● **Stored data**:
Content starts

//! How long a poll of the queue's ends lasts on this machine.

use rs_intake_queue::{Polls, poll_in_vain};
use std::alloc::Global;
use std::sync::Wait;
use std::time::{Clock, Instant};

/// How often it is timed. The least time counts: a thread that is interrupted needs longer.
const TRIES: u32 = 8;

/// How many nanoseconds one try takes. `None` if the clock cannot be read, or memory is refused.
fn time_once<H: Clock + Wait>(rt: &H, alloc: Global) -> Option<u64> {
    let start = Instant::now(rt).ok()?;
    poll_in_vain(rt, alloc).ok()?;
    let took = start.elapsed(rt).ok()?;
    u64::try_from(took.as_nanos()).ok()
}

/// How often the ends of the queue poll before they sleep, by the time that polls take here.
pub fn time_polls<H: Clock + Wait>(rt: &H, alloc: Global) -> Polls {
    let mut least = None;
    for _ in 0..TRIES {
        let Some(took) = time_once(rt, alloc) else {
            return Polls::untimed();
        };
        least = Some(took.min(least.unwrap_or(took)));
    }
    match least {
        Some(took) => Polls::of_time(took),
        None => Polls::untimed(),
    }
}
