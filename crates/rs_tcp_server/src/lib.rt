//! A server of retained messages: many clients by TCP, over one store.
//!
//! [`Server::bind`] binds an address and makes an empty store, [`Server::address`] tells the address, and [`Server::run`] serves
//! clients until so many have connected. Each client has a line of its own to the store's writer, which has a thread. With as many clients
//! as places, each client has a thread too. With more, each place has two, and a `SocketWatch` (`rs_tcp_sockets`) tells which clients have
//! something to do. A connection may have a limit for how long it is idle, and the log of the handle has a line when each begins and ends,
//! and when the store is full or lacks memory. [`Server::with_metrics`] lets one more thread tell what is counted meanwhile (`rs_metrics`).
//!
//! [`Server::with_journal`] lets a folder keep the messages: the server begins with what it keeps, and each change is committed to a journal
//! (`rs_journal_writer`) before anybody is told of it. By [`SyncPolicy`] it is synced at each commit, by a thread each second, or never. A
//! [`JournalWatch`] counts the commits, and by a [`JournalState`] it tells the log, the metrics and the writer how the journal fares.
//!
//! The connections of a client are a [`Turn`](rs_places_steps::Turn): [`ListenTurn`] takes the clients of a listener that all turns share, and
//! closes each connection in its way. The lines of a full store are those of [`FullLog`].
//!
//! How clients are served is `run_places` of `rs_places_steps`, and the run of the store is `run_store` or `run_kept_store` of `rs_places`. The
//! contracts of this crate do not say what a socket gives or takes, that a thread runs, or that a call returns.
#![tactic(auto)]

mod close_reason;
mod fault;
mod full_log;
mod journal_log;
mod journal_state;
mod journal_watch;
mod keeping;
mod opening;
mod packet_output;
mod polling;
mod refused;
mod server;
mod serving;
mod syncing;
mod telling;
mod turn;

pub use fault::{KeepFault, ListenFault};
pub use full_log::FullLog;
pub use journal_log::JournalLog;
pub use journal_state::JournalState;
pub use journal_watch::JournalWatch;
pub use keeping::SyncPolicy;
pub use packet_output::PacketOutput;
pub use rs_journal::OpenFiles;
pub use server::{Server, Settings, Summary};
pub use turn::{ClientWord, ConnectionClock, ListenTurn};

Content ends
Content starts

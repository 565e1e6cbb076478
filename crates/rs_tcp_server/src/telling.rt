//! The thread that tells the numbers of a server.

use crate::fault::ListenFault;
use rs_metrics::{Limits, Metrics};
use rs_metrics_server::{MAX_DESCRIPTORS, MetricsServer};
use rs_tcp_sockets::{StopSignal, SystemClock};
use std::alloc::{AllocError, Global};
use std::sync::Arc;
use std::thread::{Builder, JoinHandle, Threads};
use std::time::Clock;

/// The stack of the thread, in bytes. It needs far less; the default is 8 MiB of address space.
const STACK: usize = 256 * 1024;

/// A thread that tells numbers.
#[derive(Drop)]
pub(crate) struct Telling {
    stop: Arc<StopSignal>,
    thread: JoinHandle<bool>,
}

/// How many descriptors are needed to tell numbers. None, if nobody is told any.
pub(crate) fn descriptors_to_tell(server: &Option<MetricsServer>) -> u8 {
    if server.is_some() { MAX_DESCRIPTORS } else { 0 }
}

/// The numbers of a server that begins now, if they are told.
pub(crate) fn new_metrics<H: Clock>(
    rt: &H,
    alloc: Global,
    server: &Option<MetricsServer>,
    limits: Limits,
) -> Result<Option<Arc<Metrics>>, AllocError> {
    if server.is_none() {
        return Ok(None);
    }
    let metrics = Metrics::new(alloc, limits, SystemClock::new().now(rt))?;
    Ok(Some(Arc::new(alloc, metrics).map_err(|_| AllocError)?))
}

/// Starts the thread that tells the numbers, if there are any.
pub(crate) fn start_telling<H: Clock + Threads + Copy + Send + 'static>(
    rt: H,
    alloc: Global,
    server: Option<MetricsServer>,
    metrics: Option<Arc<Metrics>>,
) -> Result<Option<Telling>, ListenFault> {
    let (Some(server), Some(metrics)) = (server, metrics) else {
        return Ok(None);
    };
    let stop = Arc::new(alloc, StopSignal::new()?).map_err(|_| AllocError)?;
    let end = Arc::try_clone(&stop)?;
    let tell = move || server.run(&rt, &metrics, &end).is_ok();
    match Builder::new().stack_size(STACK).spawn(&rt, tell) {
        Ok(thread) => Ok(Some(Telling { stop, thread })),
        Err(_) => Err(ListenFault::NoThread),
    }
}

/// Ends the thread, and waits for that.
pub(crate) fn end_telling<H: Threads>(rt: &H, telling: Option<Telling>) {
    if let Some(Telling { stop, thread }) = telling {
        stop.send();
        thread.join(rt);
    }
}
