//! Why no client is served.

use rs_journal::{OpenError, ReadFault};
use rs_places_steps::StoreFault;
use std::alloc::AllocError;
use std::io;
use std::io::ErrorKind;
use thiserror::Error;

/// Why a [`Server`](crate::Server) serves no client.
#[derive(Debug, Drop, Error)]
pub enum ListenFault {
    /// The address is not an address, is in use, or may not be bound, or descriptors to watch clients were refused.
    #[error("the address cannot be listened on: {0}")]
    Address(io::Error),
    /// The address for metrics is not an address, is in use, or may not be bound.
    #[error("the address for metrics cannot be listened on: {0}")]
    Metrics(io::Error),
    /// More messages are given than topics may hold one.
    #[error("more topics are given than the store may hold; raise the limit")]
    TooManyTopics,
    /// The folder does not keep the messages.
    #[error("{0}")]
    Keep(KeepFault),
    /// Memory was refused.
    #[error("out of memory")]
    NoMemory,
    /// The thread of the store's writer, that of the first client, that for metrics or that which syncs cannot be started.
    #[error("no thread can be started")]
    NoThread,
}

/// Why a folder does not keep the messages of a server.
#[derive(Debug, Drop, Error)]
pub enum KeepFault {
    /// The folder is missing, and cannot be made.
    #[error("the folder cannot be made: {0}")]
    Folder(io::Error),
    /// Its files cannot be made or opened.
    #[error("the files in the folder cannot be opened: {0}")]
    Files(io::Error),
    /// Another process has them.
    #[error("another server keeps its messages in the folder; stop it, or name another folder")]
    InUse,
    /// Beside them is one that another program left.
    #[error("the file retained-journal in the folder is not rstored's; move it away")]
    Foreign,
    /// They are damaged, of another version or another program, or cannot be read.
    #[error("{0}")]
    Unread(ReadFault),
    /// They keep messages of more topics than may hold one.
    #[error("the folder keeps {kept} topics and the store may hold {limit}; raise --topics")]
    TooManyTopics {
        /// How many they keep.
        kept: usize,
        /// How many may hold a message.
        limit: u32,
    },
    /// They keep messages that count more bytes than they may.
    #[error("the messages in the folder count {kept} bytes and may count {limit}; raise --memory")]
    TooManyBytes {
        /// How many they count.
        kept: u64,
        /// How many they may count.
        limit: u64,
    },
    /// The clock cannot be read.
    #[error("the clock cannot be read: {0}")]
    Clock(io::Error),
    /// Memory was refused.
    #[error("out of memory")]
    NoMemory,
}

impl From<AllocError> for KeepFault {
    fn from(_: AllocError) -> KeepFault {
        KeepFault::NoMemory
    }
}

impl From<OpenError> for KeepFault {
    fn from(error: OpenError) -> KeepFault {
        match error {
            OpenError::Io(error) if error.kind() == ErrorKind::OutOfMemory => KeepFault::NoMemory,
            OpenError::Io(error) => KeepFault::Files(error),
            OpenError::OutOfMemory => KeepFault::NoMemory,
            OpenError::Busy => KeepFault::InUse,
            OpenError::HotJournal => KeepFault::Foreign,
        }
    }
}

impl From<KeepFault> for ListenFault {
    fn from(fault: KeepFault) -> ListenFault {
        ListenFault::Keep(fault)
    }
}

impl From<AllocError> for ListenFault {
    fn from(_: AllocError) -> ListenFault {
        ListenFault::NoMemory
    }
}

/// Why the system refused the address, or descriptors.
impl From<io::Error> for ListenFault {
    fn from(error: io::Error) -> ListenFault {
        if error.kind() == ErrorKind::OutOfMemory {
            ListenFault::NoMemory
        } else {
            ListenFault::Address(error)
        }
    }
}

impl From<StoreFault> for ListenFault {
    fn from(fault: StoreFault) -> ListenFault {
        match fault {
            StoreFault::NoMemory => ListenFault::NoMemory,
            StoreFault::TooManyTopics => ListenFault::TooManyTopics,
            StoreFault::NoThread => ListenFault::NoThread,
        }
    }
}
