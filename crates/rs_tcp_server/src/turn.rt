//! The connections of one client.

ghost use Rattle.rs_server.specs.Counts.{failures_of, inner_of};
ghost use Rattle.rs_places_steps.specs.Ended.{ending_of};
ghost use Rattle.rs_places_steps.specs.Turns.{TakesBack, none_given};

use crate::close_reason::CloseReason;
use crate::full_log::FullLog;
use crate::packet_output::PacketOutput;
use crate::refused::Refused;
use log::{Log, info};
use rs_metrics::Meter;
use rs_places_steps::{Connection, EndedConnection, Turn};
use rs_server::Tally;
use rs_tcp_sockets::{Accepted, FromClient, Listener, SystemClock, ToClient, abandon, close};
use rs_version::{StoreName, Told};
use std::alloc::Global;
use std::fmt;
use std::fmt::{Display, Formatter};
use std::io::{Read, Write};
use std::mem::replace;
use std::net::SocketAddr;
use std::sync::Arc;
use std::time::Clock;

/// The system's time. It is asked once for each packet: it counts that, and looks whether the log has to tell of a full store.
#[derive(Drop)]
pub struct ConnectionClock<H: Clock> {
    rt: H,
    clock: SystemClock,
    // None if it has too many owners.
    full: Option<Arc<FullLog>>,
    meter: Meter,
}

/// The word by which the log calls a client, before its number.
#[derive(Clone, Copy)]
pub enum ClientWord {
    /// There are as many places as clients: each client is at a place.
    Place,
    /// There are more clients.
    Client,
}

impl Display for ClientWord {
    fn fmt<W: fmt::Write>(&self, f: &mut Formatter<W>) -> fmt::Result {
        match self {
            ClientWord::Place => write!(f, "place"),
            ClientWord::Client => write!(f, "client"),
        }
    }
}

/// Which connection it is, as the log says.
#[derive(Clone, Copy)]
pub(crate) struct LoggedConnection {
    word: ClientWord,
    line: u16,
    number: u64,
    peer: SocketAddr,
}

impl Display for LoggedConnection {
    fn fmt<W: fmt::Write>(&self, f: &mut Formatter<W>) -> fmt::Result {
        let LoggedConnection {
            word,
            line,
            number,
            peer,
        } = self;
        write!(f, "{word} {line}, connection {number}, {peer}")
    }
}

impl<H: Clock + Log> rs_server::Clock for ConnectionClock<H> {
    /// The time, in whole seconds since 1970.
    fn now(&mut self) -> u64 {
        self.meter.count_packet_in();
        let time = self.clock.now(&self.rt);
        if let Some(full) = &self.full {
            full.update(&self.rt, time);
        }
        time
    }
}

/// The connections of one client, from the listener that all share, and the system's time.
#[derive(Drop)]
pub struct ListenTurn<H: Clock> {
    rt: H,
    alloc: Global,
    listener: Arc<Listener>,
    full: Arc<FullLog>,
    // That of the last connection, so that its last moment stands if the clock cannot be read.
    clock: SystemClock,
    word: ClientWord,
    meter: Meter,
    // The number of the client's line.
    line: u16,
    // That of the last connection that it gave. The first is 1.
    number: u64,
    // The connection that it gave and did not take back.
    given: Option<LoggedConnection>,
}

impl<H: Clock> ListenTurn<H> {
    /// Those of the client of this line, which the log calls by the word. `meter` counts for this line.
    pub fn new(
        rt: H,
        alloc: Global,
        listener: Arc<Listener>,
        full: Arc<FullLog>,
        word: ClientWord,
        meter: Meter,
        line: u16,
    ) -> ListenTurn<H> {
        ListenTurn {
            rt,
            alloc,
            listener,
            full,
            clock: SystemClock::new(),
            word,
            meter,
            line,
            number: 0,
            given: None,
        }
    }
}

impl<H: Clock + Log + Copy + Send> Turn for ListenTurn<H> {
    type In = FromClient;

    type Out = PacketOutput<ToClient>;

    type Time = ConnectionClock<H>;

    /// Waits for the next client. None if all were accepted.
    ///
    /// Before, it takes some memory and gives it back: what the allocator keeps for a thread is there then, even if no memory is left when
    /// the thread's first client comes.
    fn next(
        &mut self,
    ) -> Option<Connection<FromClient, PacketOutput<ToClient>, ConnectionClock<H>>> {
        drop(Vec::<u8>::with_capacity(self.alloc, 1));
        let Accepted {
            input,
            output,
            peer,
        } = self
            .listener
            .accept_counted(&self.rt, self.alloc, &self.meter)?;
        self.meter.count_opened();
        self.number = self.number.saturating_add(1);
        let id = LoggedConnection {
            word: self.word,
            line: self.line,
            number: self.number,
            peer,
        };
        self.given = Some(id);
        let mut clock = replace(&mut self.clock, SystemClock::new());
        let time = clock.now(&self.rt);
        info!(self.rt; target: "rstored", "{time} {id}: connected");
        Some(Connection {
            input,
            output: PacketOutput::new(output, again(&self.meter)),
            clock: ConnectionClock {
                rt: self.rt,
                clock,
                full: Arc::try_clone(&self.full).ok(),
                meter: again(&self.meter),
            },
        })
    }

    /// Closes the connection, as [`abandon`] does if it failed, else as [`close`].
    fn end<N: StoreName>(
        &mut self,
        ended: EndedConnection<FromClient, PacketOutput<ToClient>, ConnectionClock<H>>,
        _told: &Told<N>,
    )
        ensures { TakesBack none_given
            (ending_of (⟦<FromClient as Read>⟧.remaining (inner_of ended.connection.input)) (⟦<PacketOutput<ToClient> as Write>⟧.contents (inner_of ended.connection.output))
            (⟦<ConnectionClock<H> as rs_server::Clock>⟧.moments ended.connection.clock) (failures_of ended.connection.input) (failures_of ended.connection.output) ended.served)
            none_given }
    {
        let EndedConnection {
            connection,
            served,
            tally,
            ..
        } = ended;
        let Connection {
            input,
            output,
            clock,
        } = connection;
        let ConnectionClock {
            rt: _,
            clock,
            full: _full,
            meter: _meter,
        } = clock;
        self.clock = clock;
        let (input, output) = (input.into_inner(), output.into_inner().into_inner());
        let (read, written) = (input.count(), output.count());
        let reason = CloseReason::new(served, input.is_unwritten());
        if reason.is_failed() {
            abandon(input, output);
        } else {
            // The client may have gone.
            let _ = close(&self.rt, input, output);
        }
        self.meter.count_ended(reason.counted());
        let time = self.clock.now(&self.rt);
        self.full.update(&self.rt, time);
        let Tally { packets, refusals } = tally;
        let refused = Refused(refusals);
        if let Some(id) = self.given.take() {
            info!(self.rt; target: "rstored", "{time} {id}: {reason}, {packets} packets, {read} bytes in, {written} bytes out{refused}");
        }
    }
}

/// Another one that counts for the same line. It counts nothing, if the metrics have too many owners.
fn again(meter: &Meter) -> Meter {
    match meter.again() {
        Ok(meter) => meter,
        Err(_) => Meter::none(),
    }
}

Content ends

● **Your assignment**:
Reproduce the lines of the entries above from the one with "mod journal_state;" to the one with "pub use full_log::FullLog;", both included, exactly and without any other line.

● **Result for this task**:
mod journal_state;
mod journal_watch;
mod keeping;
mod opening;
mod packet_output;
mod polling;
mod refused;
mod server;
mod serving;
mod syncing;
mod telling;
mod turn;

pub use fault::{KeepFault, ListenFault};
pub use full_log::FullLog;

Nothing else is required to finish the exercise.